Predicting Failure of Non-invasive Ventilation in Children with Risk Stratification Score
Thursday, August 31, 2023
10:00 AM-12:00 PM
BIOMED PhD Research Proposal
Title:
Predicting Failure of Non-invasive Ventilation in Children with Risk Stratification Score
Speaker:
Natalie Napolitano, PhD Candidate
School of Biomedical Engineering, Science and Health Systems
Drexel University
Advisors:
Amy Throckmorton, PhD
Professor
School of Biomedical Engineering, Science and Health Systems
Drexel University
Akira Nishisaki, MD, MSCE
Department of Anesthesiology and Critical Care Medicine
Children's Hospital of Philadelphia (CHOP)
Associate Professor of Anesthesiology and Critical Care
Perelman School of Medicine
University of Pennsylvania
Details:
Non-invasive mechanical ventilation (NIV) support for children with acute respiratory distress has become a recognized clinical standard of care. It is well reported as a viable clinical treatment strategy for a wide range of pediatric respiratory conditions, such as asthma, bronchiolitis, pneumonia, and acute respiratory distress syndrome (ARDS).
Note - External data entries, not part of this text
// The loader: a fresh start, and one request after another. It checks all that it is handed, so a board's programmer need not.
#![tactic(auto)]

ghost use Rattle.std.specs.Prelude.{◌≡◌, ◌↔◌, true, length, IsSome, IfSome};
ghost use Rattle.request.specs.Request.{setup_of};
ghost use Rattle.answers.specs.Answers.{leaves, told};
ghost use Rattle.jobs.specs.Job.{planned};
ghost use Rattle.loader.specs.Step.{startable, start_outcome, ready, decided, served, decided_of, step_of, Served};

use answers::{Answer, Heard, Outcome};
use flash::Block;
use jobs::Decision;
use request::{Request, Setup};
use session::{Board, Session};

mod reply;
mod upload;

// A, B and the flash length as they must be.
#[tactic(auto, using(crate::proofs::Laws::split_ends), unfolding(crate::specs::Step::startable))]
fn allowed_start(flash_len: usize, a: Block, b: Block) -> bool
    ensures { result ≡ startable flash_len a.0 b.0 }
{
    session::allowed_split(a, b) & b.ends(flash_len)
}

// The fresh session of a board, with the sums of its flash; answer 2 and a session of zeros where A, B or the length is wrong.
// No Result: its promise is of a whole outcome, refused or not, with a session in it either way.
#[tactic(auto, unfolding(crate::specs::Step::start_outcome, crate::specs::Step::fresh_start, crate::specs::Step::startable))]
pub fn start(flash: &[u8], a: Block, b: Block, part0: u32, part1: u32) -> Outcome
    ensures { told result ≡ start_outcome flash.now a.0 b.0 part0 part1 }
{
    if !allowed_start(flash.len(), a, b) {
        return Outcome {
            answer: Answer::Unfit,
            count: 0,
            session: Session::zeros(),
        };
    }
    let board = Board { a, b, part0, part1 };
    let sums = sums::fresh(flash, board.application());
    Outcome {
        answer: Answer::Taken,
        count: 0,
        session: Session::fresh(board, sums),
    }
}

// The setup of a call that has all it must before anything is done.
#[tactic(auto, unfolding(crate::specs::Step::ready))]
fn prepared(
    s: Session,
    flash_len: usize,
    setup: &[u8],
    data_len: usize,
    reply_len: usize,
) -> Option<Setup>
    ensures ready { IsSome result ↔ (ready s flash_len setup.now data_len reply_len ≡ true) }
    ensures parts { IfSome result (λ p. p ≡ setup_of setup.now) }
{
    let parts = Setup::read(setup)?;
    let ready = (1024 <= reply_len)
        & s.board.b.ends(flash_len)
        & (data_len == parts.data_asked() as usize)
        & s.is_fit();
    ready.then_some(parts)
}

// What an allowed request does. A match over the enum: its arms take four sets of arguments, so a table of functions would be no plainer.
fn serve(r: Request, s: Session, flash: &[u8], asked: u32, d: &[u8], reply: &mut [u8]) -> Decision
    requires { Served r s flash.now asked (length reply.old) }
    ensures { decided (planned s result) reply.new ≡ served r s flash.now asked d.now reply.old }
{
    match r {
        Request::Dnload => command::dnload(s, flash, d),
        Request::Upload => Decision::only(upload::upload(s, flash, asked, reply)),
        Request::GetStatus => Decision::only(reply::getstatus(s, reply)),
        Request::ClrStatus => Decision::only(Heard::taken(answers::idle(s))),
        Request::GetState => Decision::only(reply::getstate(s, reply)),
        Request::Abort => Decision::only(Heard::taken(answers::idle(s))),
        Request::Query => Decision::only(reply::query(s, reply)),
    }
}

// What a request does, well formed or not, in any state. Flash is only read: it can't change before every check has passed.
fn decide(s: Session, flash: &[u8], setup: &[u8], d: &[u8], reply: &mut [u8]) -> Decision
    ensures { decided (planned s result) reply.new
        ≡ decided_of s flash.now setup.now d.now reply.old }
{
    let Some(setup) = prepared(s, flash.len(), setup, d.len(), reply.len()) else {
        return Decision::only(Heard::unfit(s));
    };
    let Some(request) = setup.request() else {
        return Decision::only(Heard::stalled(s));
    };
    let asked = setup.length as u32;
    if !request.allowed(asked, s.phase.state) {
        return Decision::only(Heard::stalled(s));
    }
    serve(request, s, flash, asked, d, reply)
}

// One request: decided, then carried out, and then its sums are made.
pub fn step(s: Session, flash: &mut [u8], setup: &[u8], d: &[u8], reply: &mut [u8]) -> Outcome
    ensures { leaves result flash.new reply.new
        ≡ step_of s flash.old setup.now d.now reply.old }
{
    let decision = decide(s, flash, setup, d, reply);
    decision.job.carry_out(flash, d);
    decision.finished(s, flash, d)
}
Investigations of NIV to-date are, however, limited to retrospective cohorts with small sample sizes on specific respiratory diseases and do not demonstrate the full scope of NIV use including risks and clinical outcomes of failure. Further, there are inadequate studies of NIV in general that examine patient outcomes, optimal settings, and timing of determining therapy failure in children. NIV failure requires transition to invasive mechanical ventilation (IV), which is well known to experience high-risk adverse events, such as severe oxygen desaturation and cardiac arrest. The clinical decision-making process, including the timing of transition to IV is complex, multi-factorial, and associated with decision delays, thus contributing to mortality in high-risk children. The transition from NIV to IV at the appropriate time during clinical management improves patient outcomes, but there is an inadequate understanding of the optimal transition timing to achieve the best clinical results. Current clinical data fall short of analyzing the trends and identifying predictors of NIV failure; thus, this clinically motivates the use of evidence-based decision-making tools and approaches for these high-risk and vulnerable pediatric patients.
To-date, research studies have identified and evaluated clinically relevant parameters, such as heart rate, respiratory rate, and oxygen requirement, that demonstrate correlation in prediction of NIV failure and thus supporting subsequent transition to IV therapy. However, the timing to transition to IV is not protocolized and is dependent on clinician’s individual assessment; thus, use of NIV failure defined with only the single metric of intubation, without considering long-term outcomes, as an outcome is not a scientifically robust approach. Further, these studies only examined the impact of each individual parameter separately, as opposed to an interrelated, interdependent combination of parameters that lead to a clinical treatment decision. The analysis of each clinically relevant parameter only and its impact separately is insufficient and inadequate to support clinical decision making, whereby a multitude of data are considered to determine the most effective treatment pathway. This clinically motivates the need for assessing the clinical interplay and interdependency among those critical parameters that are employed in the prediction of NIV failure in high-risk patients.
Thus, to further our knowledge of NIV failure in pediatric patients, my proposal focuses on the following specific aims:
(1) Characterize the timing, intensity, and duration of NIV use in pediatric patients. This will be accomplished by analyzing pre-specified clinically important outcomes (ICU mortality, length of time requiring respiratory support, necessity of intubation, and relevant adverse events/major desaturation SpO2<70% during TI) among critically ill children through a combined retrospective dataset of individualized clinical data.
(2) Investigate feasibility of a non-invasive scoring system from clinical parameters. This will be accomplished by evaluating currently employed clinical parameters to identify those parameters with significant contributions to decision-making. The goal is to determine the optimal timing to transition from NIV to IV using the score as an independent variable and the occurrence of the patient-centered outcome as a dichotomous outcome. The score will be developed by identifying the clinical variables that are available and are clinically relevant to the therapy failure.
(3) Determine the non-invasive score and timeline threshold that would predict failure. Here I will establish the optimal timing to transition from NIV to IV. The newly developed scoring system will have robust prediction characteristics as determined by a robust mathematically modeling construct based on the Area Under the Curve (AUC) of the Receiver Operating Characteristics (ROC) Curve and Precision-Recall Curve analyses.